Catalyuna: Abbreviated Timeline

— Bayla Ostrach

1978-1979 Spanish Constitution recognizes Catalunya as “autonomous” (little real effect).

2003 Catalan political parties propose to reform the 1979 Autonomy Statue of the Spanish Constitution; parties supporting autonomy win 88% of Parliamentary seats and popular vote; future (Socialist) Prime Minister Zapatero commits to Autonomy Statute reform effort.

2005 Catalan Parliament sends proposal for new Autonomy Statute to Madrid to recognize Catalunya as a nation, prevent Madrid’s interference in devolved powers, give Catalunya full control over finances [akin to the Basque Country's autonomous status]. Would have required validation by Spanish Parliament; confirmation in a Catalan referendum.

2006 Spanish Partido Popular begins to actively campaign against Autonomy Statue; Spanish Parliament approves a “watered-down” version of the Statute. Many Catalans disappointed in Socialist Zapatero’s failure to live up to his commitment. Catalan referendum ratifies the watered-down version by almost 74%, Referendum signed by Spanish King Juan Carlos I, entered into Spanish law. Spain recognizes Catalunya as a “nation.”

2009 Various municipal elections in Catalunya call for non-binding referenda on full separation from Spain.

2010 Spanish Constitutional Court rewrites and reinterprets the ratified Statute, delete the reference to Catalonia as a “nation.” One million protest in the streets.

2011 PP wins an absolute majority in Spanish Parliament and all regional elections except Catalunya, campaigning on centralization of powers, opposing Catalan independentism, overturning liberalization of abortion laws, promising to prevent austerity.

Sept. 11, 2012 Diada Nacional, day Catalans commemorate Barcelona’s fall to the Bourbons and conquest by the kingdoms that would become Spain, 1.5 million protest in the streets demanding full separation from Spain. At that time, the largest independentist protest to date.

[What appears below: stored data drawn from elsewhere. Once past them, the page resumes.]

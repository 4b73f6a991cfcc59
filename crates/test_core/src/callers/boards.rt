//! The board of the rows, and what is in the word of its first mutex.
use super::acts::{AGAIN, Act, Ask, DONE, PASSED, Told, WAITING};
use super::phases::{Left, Seen, Step};
use crate::boards::bare_board;
use crate::rows::steps;
use evl_base::{
    Board, FlagId, LineNo, MutexId, MutexKind, Policy, SemId, Stage, StaxId, ThreadId, XbufId,
};
use evl_machine::InWord;

pub const SEM: SemId = SemId(0);

pub const OTHER: SemId = SemId(1);

pub const FLAGS: FlagId = FlagId(0);

pub const XBUF: XbufId = XbufId(0);
/// Staxes for one thread, and for two.
pub const STAX: StaxId = StaxId(0);

pub const WIDE: StaxId = StaxId(1);

pub const FIRST: MutexId = MutexId(0);

pub const SECOND: MutexId = MutexId(1);

pub const LINE: LineNo = LineNo(8);

pub const NORMAL: MutexKind = MutexKind::Normal;

pub const CEILING: MutexKind = MutexKind::Ceiling(50);

pub const ATTACH: Act = Act::Call(Ask::Attach(Policy::Fifo(10), Stage::Oob));

pub const PUT: Act = Act::Call(Ask::Put(SEM));

pub const GET: Act = Act::Call(Ask::TryGet(SEM));

pub const PEEK: Act = Act::Call(Ask::Peek(SEM));

/// Two callers are attached.
pub const ATTACHED: [Step; 2] = steps![0 ATTACH => DONE, 1 ATTACH => DONE];

/// The same, and the history has just as many entries as it has room for: the next one asks for memory.
pub const GROWN: [Step; 4] =
    steps![0 ATTACH => DONE, 1 ATTACH => DONE, 2 PUT => DONE, 2 PUT => DONE];

/// The first caller has the first mutex, and the second one waits for it.
pub const CONTENDED: [Step; 4] = steps![
    0 ATTACH => DONE, 1 ATTACH => DONE, 0 Act::Lock(FIRST) => PASSED, 1 Act::Begin(FIRST, None) => WAITING,
];

/// The answers to the first two once the core is free, which one of them had for one put.
pub const ONCE_FREE: [Step; 5] = steps![
    1 GET => DONE, 1 PUT => DONE, 0 GET => DONE, 0 GET => AGAIN, 1 PEEK => Told::Count(0),
];

/// So many threads, two semaphores of count 0, a flag group, a cross-buffer with rings of four bytes, two mutexes of
/// which the second is a normal one, and the staxes.
pub fn board_with(threads: u16, first: MutexKind) -> Board {
    let mut board = bare_board(threads);
    board.sems.push(0);
    board.sems.push(0);
    board.flags.push(0);
    board.xbufs.push((4, 4));
    board.mutexes.push(first);
    board.mutexes.push(MutexKind::Normal);
    board.staxes.push(1);
    board.staxes.push(2);
    board
}

/// All that is seen where this is left, if it is looked at, and whether the first thread's wait is to be over then.
pub fn seen_of(left: Left) -> Option<(Seen, bool)> {
    let seen = match left {
        Left::Unseen => return None,
        Left::Free(entries) | Left::Over(entries) => owned(entries, None, false, None),
        Left::Owned(entries, thread) => owned(entries, Some(thread), false, None),
        Left::Offered(entries, thread) => offered(owned(entries, Some(thread), false, None)),
        Left::OfferedOn(entries, thread, waiters) => {
            offered(owned(entries, Some(thread), true, Some(waiters)))
        }
        Left::Raised(entries, thread) => owned(entries, Some(thread), false, Some(0)),
        Left::Awaited(entries, thread, waiters) => {
            owned(entries, Some(thread), true, Some(waiters))
        }
        Left::Marked(entries, thread) => owned(entries, Some(thread), true, None),
    };
    Some((seen, matches!(left, Left::Over(_))))
}

// The same, while the mutex is offered to that thread, which hasn't accepted it yet.
fn offered(seen: Seen) -> Seen {
    let word = match seen.word {
        Some(word) => Some(InWord {
            is_offered: true,
            ..word
        }),
        None => None,
    };
    Seen { word, ..seen }
}

// This thread has the first mutex, or nobody, and it is claimed or not; so many wait for it where the thread is the
// recorded owner.
fn owned(entries: usize, thread: Option<u16>, is_claimed: bool, recorded: Option<usize>) -> Seen {
    let owner = match thread {
        Some(number) => Some(ThreadId(number)),
        None => None,
    };
    let word = Some(InWord {
        owner,
        is_offered: false,
        is_claimed,
    });
    match recorded {
        Some(waiters) => Seen {
            entries,
            word,
            owner,
            waiters,
        },
        None => Seen {
            entries,
            word,
            owner: None,
            waiters: 0,
        },
    }
}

Nov. 2012 Catalan Regional Parliamentary election of representatives among whom 80% support full separation, indication of growing support for full separation.

Sept. 11, 2016 Diada Nacional, 1 million people ask for Catalan independence in five cities around the world. Fifth year in a row of peaceful demonstrations.

May 2017 Catalan government goes to Madrid to seek negotiations over a referendum. Once again, Spanish government, led by the PP and PSOE, refuse.

June 2017 Self-determination referendum announced for October 2017, asking, “Do you want Catalonia to be an independent country in the form of a Republic?”

Sept. 6-7, 2017 Catalan Parliament approves referendum law creating legal framework for referendum, calling for citizens to have a say on independence in binding vote. Spanish Constitutional court suspends the Catalan referendum law.

Sept. 15, 2017 Spanish national police sent to Catalunya to seize ballot boxes, ballots.
Sept. 20, 2017 Spanish national police storm/occupy Catalan government offices, searching for proof of an “illegal referendum.” Massive protests fill the streets.

Days leading up to Oct. 1, 2017 Neighborhood defense committees mobilize to keep schools and civic centers (polling places) occupied and open. They sleep inside overnight to prevent Spanish national police from barring the doors. (People in some small towns remove doors from the polling places to ensure voters can get in.)

Oct. 1, 2017 An estimated 2.2-2.4 million people vote, another 770,000 people register on the polling station voting censuses (indicating an intention to vote) but are beaten before they can, or have their votes stolen. Sweeping majority of votes counted are in favor of separation from Spain and creation of Catalan Republic.

Oct. 3, 2017 Massive general strike; Spanish King Felipe VI condemns the Catalan government, blames the victims.

Oct. 21, 2017 Spain invokes Article 155 of the Spanish Constitu­tion, revoking Catalan autonomy, setting aside elected leaders, and announcing it will impose direct rule beginning October 28th.